=== EXERCISE MATERIALS ===

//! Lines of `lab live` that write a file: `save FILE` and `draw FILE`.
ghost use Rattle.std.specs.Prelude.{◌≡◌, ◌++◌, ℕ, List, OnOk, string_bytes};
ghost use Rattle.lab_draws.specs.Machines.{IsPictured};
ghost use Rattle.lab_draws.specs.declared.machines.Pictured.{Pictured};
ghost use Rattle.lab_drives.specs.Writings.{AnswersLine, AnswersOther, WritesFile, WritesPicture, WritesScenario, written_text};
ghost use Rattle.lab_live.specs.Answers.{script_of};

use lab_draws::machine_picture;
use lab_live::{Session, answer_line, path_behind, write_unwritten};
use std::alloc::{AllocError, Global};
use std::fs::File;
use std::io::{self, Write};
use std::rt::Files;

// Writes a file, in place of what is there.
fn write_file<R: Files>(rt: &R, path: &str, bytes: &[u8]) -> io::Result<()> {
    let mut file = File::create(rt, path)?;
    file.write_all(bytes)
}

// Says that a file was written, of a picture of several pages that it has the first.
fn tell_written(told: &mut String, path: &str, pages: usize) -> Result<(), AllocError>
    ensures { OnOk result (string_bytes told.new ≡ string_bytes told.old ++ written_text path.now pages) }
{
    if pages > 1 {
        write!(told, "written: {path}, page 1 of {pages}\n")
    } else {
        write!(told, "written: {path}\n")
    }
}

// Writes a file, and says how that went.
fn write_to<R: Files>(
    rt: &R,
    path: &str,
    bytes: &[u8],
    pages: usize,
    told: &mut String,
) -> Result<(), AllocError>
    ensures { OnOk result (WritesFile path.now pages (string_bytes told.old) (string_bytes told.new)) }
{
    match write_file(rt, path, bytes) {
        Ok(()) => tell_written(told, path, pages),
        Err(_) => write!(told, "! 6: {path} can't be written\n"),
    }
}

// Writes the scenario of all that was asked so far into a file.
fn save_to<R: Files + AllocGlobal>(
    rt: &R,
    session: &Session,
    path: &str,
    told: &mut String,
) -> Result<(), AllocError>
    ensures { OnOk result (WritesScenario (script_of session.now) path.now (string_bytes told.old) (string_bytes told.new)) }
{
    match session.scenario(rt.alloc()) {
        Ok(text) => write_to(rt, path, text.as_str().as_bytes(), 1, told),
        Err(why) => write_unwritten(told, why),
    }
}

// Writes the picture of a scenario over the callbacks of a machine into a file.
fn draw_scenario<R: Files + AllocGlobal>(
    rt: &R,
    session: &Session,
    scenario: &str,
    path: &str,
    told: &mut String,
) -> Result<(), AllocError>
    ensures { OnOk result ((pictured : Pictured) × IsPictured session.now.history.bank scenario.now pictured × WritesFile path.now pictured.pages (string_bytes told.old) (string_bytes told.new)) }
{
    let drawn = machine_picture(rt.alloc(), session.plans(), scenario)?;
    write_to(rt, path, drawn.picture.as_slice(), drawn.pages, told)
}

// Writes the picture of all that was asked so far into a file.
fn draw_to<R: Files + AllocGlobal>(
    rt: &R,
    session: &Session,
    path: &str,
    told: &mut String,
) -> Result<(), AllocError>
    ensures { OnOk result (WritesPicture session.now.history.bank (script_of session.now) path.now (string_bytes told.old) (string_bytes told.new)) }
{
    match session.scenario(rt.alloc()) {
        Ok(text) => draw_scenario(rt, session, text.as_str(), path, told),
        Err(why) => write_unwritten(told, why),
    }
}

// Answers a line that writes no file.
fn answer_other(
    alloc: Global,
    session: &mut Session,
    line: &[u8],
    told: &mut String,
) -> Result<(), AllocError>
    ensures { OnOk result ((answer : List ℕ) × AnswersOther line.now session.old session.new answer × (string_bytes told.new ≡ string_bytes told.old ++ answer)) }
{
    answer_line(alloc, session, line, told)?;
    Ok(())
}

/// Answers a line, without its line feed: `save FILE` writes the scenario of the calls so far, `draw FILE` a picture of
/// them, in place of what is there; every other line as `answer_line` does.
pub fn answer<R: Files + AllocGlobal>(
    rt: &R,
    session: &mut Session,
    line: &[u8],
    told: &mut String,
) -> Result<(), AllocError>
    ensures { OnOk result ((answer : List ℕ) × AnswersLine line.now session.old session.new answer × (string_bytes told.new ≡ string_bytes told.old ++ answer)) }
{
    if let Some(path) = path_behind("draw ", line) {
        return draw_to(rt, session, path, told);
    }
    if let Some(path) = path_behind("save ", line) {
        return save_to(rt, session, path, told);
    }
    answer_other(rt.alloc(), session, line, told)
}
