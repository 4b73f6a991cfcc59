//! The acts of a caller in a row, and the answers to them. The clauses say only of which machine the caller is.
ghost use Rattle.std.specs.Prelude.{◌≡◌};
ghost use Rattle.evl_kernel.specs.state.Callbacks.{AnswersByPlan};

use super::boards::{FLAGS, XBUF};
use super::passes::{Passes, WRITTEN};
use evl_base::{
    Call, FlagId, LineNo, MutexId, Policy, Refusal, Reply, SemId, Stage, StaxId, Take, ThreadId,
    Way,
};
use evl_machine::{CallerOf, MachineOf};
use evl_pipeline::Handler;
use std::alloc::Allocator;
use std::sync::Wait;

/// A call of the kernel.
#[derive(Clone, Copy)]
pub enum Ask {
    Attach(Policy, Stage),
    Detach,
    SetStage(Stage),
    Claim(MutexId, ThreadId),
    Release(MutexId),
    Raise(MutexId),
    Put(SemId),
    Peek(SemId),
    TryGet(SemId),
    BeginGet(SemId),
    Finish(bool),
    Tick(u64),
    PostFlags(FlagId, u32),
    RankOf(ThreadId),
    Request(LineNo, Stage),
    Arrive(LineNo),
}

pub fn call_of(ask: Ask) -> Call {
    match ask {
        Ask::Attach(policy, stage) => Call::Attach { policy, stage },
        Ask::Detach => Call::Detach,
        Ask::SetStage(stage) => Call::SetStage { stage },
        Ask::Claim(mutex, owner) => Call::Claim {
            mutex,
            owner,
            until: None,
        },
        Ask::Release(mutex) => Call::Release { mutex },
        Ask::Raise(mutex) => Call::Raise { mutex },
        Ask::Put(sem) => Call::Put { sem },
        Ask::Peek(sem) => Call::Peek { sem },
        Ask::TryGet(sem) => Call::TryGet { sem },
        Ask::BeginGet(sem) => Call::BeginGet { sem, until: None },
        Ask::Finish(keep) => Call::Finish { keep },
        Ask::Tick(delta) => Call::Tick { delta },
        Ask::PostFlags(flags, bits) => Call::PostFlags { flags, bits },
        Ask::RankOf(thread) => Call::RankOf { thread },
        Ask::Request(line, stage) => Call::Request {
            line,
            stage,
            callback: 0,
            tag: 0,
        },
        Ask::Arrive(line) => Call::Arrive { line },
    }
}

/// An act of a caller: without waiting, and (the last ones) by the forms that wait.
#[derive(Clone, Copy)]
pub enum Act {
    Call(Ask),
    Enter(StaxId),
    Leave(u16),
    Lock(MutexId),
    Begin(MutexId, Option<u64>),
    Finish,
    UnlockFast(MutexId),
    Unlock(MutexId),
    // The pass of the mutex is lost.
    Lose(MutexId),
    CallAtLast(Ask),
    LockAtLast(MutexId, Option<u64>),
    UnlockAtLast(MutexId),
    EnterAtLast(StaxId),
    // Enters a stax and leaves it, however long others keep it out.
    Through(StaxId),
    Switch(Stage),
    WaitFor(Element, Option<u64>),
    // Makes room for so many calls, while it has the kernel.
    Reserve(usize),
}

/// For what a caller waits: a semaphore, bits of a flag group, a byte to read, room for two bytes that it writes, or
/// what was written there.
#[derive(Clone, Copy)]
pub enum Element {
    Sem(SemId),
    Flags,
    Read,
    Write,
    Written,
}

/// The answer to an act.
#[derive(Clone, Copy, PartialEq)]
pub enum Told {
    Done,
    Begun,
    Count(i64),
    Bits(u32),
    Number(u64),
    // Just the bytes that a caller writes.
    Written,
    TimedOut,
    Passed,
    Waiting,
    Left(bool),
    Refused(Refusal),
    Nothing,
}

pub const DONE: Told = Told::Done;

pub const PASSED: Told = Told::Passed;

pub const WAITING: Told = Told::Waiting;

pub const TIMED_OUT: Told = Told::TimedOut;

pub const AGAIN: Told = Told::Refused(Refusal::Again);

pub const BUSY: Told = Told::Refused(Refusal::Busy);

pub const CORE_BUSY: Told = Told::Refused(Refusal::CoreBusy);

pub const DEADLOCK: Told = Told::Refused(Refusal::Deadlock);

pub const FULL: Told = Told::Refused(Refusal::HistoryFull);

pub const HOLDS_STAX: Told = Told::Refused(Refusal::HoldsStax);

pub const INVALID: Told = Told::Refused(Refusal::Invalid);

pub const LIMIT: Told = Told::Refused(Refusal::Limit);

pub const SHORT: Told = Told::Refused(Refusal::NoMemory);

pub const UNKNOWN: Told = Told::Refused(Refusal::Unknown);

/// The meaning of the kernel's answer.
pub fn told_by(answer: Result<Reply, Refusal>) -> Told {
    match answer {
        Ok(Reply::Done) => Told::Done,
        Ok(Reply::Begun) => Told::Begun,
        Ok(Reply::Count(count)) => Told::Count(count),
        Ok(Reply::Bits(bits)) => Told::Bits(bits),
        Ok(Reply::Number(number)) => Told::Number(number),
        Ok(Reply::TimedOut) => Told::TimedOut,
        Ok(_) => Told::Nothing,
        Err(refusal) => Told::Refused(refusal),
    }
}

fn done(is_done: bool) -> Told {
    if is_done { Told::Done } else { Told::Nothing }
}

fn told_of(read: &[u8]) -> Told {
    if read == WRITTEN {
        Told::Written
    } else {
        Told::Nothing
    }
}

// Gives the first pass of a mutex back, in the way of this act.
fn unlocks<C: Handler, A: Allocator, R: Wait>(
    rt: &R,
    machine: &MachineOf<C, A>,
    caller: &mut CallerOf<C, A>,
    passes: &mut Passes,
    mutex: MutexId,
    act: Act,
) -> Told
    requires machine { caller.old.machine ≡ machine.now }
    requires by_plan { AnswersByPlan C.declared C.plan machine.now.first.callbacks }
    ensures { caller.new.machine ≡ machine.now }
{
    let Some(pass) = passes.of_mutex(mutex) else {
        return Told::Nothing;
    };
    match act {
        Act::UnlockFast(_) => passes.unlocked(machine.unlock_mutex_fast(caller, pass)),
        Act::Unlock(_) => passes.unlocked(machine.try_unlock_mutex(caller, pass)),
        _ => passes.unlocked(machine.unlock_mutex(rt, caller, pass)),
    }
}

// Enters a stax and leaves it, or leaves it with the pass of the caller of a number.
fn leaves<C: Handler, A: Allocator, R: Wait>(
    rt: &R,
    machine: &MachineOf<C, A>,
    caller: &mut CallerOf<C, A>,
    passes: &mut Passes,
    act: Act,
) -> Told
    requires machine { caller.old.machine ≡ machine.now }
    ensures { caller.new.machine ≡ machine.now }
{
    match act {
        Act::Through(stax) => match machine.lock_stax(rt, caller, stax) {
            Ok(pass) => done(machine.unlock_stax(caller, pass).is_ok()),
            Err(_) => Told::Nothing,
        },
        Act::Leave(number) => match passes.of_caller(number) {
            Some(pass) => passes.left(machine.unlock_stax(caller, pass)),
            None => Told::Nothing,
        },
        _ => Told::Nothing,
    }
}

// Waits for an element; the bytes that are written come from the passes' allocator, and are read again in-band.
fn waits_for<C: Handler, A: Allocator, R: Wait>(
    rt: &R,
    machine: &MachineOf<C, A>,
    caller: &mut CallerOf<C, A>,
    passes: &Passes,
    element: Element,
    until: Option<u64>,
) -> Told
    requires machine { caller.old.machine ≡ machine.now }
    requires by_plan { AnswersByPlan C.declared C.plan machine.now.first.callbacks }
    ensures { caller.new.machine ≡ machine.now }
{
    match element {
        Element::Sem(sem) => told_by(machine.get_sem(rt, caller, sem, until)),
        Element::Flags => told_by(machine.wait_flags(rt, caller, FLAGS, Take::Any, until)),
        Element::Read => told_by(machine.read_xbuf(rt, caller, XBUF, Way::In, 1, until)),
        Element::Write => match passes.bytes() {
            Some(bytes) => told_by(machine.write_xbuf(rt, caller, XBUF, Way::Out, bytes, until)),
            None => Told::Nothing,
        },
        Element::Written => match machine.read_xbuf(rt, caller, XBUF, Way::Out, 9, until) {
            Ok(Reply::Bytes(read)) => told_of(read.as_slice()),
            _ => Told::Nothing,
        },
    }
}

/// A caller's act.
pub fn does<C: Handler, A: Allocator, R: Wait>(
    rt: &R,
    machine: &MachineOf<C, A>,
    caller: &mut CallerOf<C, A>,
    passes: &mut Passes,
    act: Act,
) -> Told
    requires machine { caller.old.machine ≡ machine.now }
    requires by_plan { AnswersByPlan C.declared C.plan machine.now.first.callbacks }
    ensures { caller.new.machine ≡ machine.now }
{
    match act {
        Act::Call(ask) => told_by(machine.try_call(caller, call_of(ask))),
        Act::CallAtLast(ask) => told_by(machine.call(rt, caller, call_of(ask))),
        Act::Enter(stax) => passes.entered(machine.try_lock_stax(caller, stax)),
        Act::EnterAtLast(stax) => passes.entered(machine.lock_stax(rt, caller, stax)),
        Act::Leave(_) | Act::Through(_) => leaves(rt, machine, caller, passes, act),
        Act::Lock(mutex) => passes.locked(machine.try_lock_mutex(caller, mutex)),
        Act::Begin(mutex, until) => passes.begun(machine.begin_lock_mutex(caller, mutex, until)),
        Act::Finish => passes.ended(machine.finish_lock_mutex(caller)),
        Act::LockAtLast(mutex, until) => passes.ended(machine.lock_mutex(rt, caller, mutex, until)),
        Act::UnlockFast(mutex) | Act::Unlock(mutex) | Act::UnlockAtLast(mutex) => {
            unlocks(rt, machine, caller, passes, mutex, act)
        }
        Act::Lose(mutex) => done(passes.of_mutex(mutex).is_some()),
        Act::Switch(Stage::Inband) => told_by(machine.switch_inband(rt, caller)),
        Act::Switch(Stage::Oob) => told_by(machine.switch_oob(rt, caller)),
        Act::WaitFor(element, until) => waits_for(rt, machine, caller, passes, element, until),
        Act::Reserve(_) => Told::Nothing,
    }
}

===

[TASK TO CARRY OUT]:
Each line holding the word "Handler" must be copied from the data.

[RESPONSE]:
use evl_pipeline::Handler;
fn unlocks<C: Handler, A: Allocator, R: Wait>(
fn leaves<C: Handler, A: Allocator, R: Wait>(
fn waits_for<C: Handler, A: Allocator, R: Wait>(
pub fn does<C: Handler, A: Allocator, R: Wait>(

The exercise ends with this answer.